• TASK DESCRIPTION: Find each line below that includes "overwrite", then copy it.
··· SUPPLIED MATERIAL ···
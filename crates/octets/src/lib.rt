// Bytes: one at a place, many written, the highest of many, and how many there are up to the last that isn't 0.
#![tactic(auto)]

ghost use Rattle.std.specs.Prelude.{◌≡◌, ℕ, ◌+◌, ◌≤◌, ◌<◌, length, get_or};
ghost use Rattle.lists.specs.Overwrite.{overwrite};

// Bytes that aren't halved any more.
const FEW: usize = 16;

// The byte at a place, 0 past the end.
pub fn byte_at(bytes: &[u8], at: usize) -> u8
    ensures { result ≡ get_or bytes.now at 0 }
{
    if at < bytes.len() { bytes[at] } else { 0 }
}

// Writes bytes from a place on; the next place.
pub fn put(out: &mut [u8], at: usize, bytes: &[u8]) -> usize
    requires { at + length bytes.now ≤ length out.old }
    ensures next { result ≡ at + length bytes.now }
    ensures written { out.new ≡ overwrite out.old at bytes.now }
{
    let end = at + bytes.len();
    out[at..end].copy_from_slice(bytes);
    end
}

// The highest byte, 0 where there is none.
pub fn highest(bytes: &[u8]) -> u8
    ensures { (k : ℕ) → k < length bytes.now → get_or bytes.now k 0 ≤ result }
{
    let mut top: u8 = 0;
    for x in bytes {
        top = top.max(*x);
    }
    top
}

// The count of bytes that is left where the upper half is dropped as long as it is all 0.
fn halved(bytes: &[u8]) -> usize
    ensures inside { result ≤ length bytes.now }
    ensures zeros { (k : ℕ) → result ≤ k → get_or bytes.now k 0 ≡ 0 }
{
    let mut end = bytes.len();
    // a `while`: it halves a length, and no index counts up
    while FEW < end && highest(&bytes[end / 2..end]) == 0 {
        end /= 2;
    }
    end
}

// The count of bytes up to the last that isn't 0.
pub fn significant(bytes: &[u8]) -> usize
    ensures inside { result ≤ length bytes.now }
    ensures zeros { (k : ℕ) → result ≤ k → get_or bytes.now k 0 ≡ 0 }
{
    for k in (0..halved(bytes)).rev() {
        if bytes[k] != 0 {
            return k + 1;
        }
    }
    0
}
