// Variable-byte: 7-bit groups, highest first, as few as hold the word; before each group a 1 if another follows, else 0.
ghost use Rattle.std.specs.Prelude.{◌≡◌, ◌-◌, ◌≤◌, length};
ghost use Rattle.bits.specs.Cursor.{Within};
ghost use Rattle.layout.specs.Bits.{in_bits};
ghost use Rattle.format.specs.Codes.{Word, variable_byte};
ghost use Rattle.read_words.specs.Told.{ToldWord};
ghost use Rattle.read_words.specs.Laws.VariableByte.{FlagAndGroup};

use crate::{NoWord, parts};
use bits::Cursor;

// 1 where x is 0, else 0.
fn none(x: u64) -> u64
    ensures { result ≡ 1 - x }
{
    u64::from(x == 0)
}

// A flag of at most `most` and a group of at least `lo`, as one number.
fn unit(c: Cursor, s: &[u8], most: u64, lo: u64) -> Result<(u32, Cursor), NoWord>
    requires { Within c (length s.now) × (most ≤ 1) × (lo ≤ 1) }
    ensures { ToldWord (FlagAndGroup most lo) (in_bits 8) s.now c result }
{
    let (flag, d) = parts::between(c, s, 1, 0, most)?;
    let (group, e) = parts::between(d, s, 7, lo, 127)?;
    Ok((flag * 128 + group, e))
}

// The groups so far are acc. The first is not 0, and none follows the next where acc * 128 * 128 is above 4294967295: from 262144 on.
pub fn read(c: Cursor, s: &[u8]) -> Result<(u32, Cursor), NoWord>
    requires { Within c (length s.now) }
    ensures { ToldWord Word variable_byte s.now c result }
{
    let mut acc: u64 = 0;
    let mut d = c;
    loop {
        let (v, e) = unit(d, s, none(acc / 262144), none(acc))?;
        acc = acc * 128 + (v % 128) as u64;
        if v / 128 == 0 {
            return Ok((acc as u32, e));
        }
        d = e;
    }
}
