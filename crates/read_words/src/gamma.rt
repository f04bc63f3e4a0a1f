// Gamma: as many zeros as B(w) has bits after its first, then B(w).
ghost use Rattle.std.specs.Prelude.{◌≡◌, ◌-◌, ◌≤◌, ◌<◌, min, length};
ghost use Rattle.format.specs.Codes.{Word, gamma};
ghost use Rattle.format.specs.Restated.{Held};
ghost use Rattle.bits.specs.Cursor.{Within};
ghost use Rattle.read_words.specs.Told.{ToldWord, Upward};

use crate::NoWord;
use crate::parts::{between, zeros};
use bits::Cursor;
use bits::small::power;
use limits::LARGEST_WORD;

// The largest number in the bits after a word's first one, which is worth p.
fn most_after(p: u32, top: u32) -> u64
    requires { (0 < p) × (p ≤ top) }
    ensures { (result ≡ min (p - 1) (top - p)) × (result < p) }
{
    u64::from((p - 1).min(top - p))
}

// A word from 1 to top, where top has most + 1 binary digits.
pub fn read_upto(c: Cursor, s: &[u8], most: usize, top: u32) -> Result<(u32, Cursor), NoWord>
    requires { Within c (length s.now) × (most ≤ 31) × Held 2 top most }
    ensures { ToldWord (Upward top) gamma s.now c result }
{
    let (z, d) = zeros(c, s, most)?;
    let m = z as usize;
    let p = power(m);
    let (rest, e) = between(d, s, m, 0, most_after(p, top))?;
    Ok((p + rest, e))
}

pub fn read(c: Cursor, s: &[u8]) -> Result<(u32, Cursor), NoWord>
    requires { Within c (length s.now) }
    ensures { ToldWord Word gamma s.now c result }
{
    read_upto(c, s, 31, LARGEST_WORD)
}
···
• ANSWER FOR THIS EXERCISE:
ghost use Rattle.lists.specs.Overwrite.{overwrite};
    ensures written { out.new ≡ overwrite out.old at bytes.now }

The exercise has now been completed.